WHAT NEEDS TO BE DONE ▸ Search the listing for "concentrator" and copy every line where it appears.

GIVEN DATA ▸
————
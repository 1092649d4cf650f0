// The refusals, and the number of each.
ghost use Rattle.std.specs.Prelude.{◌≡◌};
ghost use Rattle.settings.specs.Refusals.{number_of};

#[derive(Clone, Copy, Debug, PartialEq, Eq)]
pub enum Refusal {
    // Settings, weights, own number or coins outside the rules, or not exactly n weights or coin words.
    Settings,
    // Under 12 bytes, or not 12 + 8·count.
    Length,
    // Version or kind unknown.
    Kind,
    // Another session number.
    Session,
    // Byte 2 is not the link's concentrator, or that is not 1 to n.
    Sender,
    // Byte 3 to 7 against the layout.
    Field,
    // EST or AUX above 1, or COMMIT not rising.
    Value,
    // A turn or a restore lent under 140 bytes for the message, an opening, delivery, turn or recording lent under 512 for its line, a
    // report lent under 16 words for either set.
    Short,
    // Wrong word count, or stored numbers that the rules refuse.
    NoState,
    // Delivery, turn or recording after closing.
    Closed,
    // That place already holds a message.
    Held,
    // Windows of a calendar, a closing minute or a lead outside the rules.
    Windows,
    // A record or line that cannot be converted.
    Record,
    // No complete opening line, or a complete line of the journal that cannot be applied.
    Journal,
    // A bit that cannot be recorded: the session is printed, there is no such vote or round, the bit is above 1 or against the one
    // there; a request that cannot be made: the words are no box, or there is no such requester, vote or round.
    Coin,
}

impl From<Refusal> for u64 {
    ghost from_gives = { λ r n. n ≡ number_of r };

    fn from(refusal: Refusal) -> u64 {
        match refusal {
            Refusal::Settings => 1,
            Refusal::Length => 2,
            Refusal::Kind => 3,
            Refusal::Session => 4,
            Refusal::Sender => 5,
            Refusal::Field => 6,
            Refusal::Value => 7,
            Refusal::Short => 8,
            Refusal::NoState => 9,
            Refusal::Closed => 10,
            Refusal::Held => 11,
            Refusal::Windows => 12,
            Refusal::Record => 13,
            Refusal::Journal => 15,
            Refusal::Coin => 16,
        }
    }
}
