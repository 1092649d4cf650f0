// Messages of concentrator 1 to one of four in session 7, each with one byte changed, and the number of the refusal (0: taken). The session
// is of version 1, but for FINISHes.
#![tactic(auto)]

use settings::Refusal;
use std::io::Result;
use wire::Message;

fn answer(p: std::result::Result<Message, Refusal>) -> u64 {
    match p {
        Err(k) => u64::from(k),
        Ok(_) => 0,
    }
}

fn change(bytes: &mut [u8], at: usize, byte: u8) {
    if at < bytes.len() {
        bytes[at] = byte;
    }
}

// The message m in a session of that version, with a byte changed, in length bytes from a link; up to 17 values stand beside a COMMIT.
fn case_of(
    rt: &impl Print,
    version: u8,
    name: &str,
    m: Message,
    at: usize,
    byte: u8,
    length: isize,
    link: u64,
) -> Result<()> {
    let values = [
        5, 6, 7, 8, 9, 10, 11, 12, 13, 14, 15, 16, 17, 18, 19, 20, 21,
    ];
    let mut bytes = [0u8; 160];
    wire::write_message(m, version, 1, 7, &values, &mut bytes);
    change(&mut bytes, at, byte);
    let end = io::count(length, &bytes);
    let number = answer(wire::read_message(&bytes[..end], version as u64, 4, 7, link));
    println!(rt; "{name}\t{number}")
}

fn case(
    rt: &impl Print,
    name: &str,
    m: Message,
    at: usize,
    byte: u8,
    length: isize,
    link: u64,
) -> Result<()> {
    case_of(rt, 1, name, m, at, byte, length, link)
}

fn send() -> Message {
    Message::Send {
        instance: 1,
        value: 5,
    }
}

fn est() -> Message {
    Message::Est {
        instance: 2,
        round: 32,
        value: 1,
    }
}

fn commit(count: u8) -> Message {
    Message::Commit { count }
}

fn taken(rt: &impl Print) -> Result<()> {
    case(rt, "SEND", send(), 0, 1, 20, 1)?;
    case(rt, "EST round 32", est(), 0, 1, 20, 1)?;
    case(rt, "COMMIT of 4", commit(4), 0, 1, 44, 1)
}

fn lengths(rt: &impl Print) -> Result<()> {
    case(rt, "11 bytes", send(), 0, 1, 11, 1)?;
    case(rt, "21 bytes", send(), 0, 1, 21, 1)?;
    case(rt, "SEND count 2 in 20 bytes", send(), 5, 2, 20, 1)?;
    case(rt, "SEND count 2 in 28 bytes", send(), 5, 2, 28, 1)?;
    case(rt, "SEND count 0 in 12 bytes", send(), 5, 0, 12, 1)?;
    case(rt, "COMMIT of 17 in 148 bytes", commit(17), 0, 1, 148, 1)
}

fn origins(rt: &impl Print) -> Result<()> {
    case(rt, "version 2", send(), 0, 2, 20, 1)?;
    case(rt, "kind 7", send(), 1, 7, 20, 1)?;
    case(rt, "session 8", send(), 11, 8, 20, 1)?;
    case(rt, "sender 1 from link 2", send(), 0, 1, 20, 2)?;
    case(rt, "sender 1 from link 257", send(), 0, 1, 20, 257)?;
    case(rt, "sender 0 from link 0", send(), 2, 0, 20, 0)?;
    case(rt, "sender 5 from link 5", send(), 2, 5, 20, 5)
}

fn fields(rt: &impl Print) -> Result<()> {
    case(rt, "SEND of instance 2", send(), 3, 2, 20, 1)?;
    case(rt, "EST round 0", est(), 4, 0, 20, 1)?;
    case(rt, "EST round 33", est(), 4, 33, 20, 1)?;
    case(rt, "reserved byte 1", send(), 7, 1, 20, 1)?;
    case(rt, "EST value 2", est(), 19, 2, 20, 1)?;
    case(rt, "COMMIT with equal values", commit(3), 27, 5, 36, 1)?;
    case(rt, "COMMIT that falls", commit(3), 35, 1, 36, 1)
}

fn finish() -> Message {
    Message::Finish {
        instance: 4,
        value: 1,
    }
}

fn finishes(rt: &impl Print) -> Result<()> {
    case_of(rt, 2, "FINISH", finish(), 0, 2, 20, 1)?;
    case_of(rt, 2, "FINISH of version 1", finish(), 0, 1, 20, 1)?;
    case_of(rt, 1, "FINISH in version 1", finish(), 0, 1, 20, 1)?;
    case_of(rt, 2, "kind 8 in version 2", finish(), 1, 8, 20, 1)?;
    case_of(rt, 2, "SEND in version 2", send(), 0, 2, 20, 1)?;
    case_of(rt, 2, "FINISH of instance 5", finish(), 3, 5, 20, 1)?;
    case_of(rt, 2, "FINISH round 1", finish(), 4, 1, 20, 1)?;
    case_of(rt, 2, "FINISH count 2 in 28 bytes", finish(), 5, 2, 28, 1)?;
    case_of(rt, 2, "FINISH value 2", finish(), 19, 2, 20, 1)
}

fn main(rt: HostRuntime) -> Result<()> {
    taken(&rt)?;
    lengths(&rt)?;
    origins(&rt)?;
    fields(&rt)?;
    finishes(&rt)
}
————
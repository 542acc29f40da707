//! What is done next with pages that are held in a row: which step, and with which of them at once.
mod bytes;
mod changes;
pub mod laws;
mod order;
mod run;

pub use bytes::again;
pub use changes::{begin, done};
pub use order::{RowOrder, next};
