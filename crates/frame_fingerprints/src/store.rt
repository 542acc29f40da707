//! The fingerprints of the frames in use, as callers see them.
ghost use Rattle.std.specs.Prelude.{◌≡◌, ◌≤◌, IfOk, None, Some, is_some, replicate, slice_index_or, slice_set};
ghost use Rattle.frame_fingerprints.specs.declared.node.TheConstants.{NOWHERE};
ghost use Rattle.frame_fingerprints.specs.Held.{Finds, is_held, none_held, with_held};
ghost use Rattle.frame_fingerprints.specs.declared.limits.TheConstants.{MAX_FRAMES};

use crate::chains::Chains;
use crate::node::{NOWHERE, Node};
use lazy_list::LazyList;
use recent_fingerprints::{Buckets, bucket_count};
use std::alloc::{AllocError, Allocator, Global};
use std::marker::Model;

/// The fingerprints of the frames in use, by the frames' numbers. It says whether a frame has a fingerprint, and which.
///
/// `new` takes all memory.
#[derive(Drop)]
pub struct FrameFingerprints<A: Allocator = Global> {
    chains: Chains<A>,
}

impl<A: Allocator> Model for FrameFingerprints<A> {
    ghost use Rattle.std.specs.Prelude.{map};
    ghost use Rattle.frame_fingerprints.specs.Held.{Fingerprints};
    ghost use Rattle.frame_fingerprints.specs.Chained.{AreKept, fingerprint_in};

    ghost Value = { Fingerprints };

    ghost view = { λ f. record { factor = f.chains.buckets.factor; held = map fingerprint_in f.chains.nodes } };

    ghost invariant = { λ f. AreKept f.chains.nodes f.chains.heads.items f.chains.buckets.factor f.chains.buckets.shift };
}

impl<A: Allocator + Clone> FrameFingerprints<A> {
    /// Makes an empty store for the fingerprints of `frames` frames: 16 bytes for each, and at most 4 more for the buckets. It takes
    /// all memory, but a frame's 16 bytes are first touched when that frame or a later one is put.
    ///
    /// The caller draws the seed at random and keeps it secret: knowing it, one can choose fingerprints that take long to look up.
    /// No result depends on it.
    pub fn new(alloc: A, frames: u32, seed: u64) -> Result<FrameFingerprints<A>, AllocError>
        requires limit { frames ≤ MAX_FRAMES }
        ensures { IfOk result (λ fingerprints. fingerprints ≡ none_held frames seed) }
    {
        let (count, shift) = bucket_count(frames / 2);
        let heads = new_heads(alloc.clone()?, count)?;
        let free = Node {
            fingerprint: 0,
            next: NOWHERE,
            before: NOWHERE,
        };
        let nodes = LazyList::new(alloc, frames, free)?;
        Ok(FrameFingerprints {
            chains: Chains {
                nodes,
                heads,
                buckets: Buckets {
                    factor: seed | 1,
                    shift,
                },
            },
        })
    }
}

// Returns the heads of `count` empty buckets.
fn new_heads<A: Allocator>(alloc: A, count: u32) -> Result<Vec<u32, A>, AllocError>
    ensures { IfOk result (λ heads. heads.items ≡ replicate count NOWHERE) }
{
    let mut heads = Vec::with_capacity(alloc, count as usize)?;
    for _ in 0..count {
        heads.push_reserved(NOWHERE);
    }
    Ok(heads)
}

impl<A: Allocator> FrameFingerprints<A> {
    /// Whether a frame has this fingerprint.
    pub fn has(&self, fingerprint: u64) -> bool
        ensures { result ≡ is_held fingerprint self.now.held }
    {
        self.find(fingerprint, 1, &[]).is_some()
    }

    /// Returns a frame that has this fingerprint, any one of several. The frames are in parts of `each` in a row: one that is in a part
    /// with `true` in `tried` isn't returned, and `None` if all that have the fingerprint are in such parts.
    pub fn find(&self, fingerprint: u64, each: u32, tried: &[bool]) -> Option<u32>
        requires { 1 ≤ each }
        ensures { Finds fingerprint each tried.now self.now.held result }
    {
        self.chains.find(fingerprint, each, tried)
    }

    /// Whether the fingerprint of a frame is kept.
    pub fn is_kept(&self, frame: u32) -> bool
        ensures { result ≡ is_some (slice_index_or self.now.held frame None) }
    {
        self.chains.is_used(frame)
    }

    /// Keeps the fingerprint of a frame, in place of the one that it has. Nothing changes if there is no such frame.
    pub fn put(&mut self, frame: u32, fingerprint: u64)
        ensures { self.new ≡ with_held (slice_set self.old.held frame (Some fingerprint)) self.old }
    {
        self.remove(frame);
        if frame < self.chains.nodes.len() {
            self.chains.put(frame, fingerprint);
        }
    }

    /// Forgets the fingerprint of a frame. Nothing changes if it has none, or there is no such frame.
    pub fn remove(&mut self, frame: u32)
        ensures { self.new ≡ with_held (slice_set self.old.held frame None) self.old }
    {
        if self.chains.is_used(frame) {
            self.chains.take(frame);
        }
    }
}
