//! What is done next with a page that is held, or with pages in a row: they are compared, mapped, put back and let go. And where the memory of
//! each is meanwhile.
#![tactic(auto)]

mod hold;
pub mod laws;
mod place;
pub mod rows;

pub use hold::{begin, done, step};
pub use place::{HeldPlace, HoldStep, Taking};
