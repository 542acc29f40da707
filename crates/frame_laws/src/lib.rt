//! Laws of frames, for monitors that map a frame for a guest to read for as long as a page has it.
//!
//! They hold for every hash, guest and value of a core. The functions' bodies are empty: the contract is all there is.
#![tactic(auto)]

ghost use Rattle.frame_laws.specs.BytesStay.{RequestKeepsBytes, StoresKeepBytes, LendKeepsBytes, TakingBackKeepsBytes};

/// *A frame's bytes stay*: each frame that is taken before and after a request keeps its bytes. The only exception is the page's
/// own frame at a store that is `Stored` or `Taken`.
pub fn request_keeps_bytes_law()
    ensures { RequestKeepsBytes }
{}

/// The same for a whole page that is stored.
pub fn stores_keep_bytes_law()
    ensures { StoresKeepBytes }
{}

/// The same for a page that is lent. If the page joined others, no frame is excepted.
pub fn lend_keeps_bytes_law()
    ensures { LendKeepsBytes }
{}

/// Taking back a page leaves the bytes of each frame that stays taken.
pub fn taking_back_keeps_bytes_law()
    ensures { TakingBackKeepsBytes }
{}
————
WRITTEN ANSWER ▸
    // Byte 2 is not the link's concentrator, or that is not 1 to n.
// Messages of concentrator 1 to one of four in session 7, each with one byte changed, and the number of the refusal (0: taken). The session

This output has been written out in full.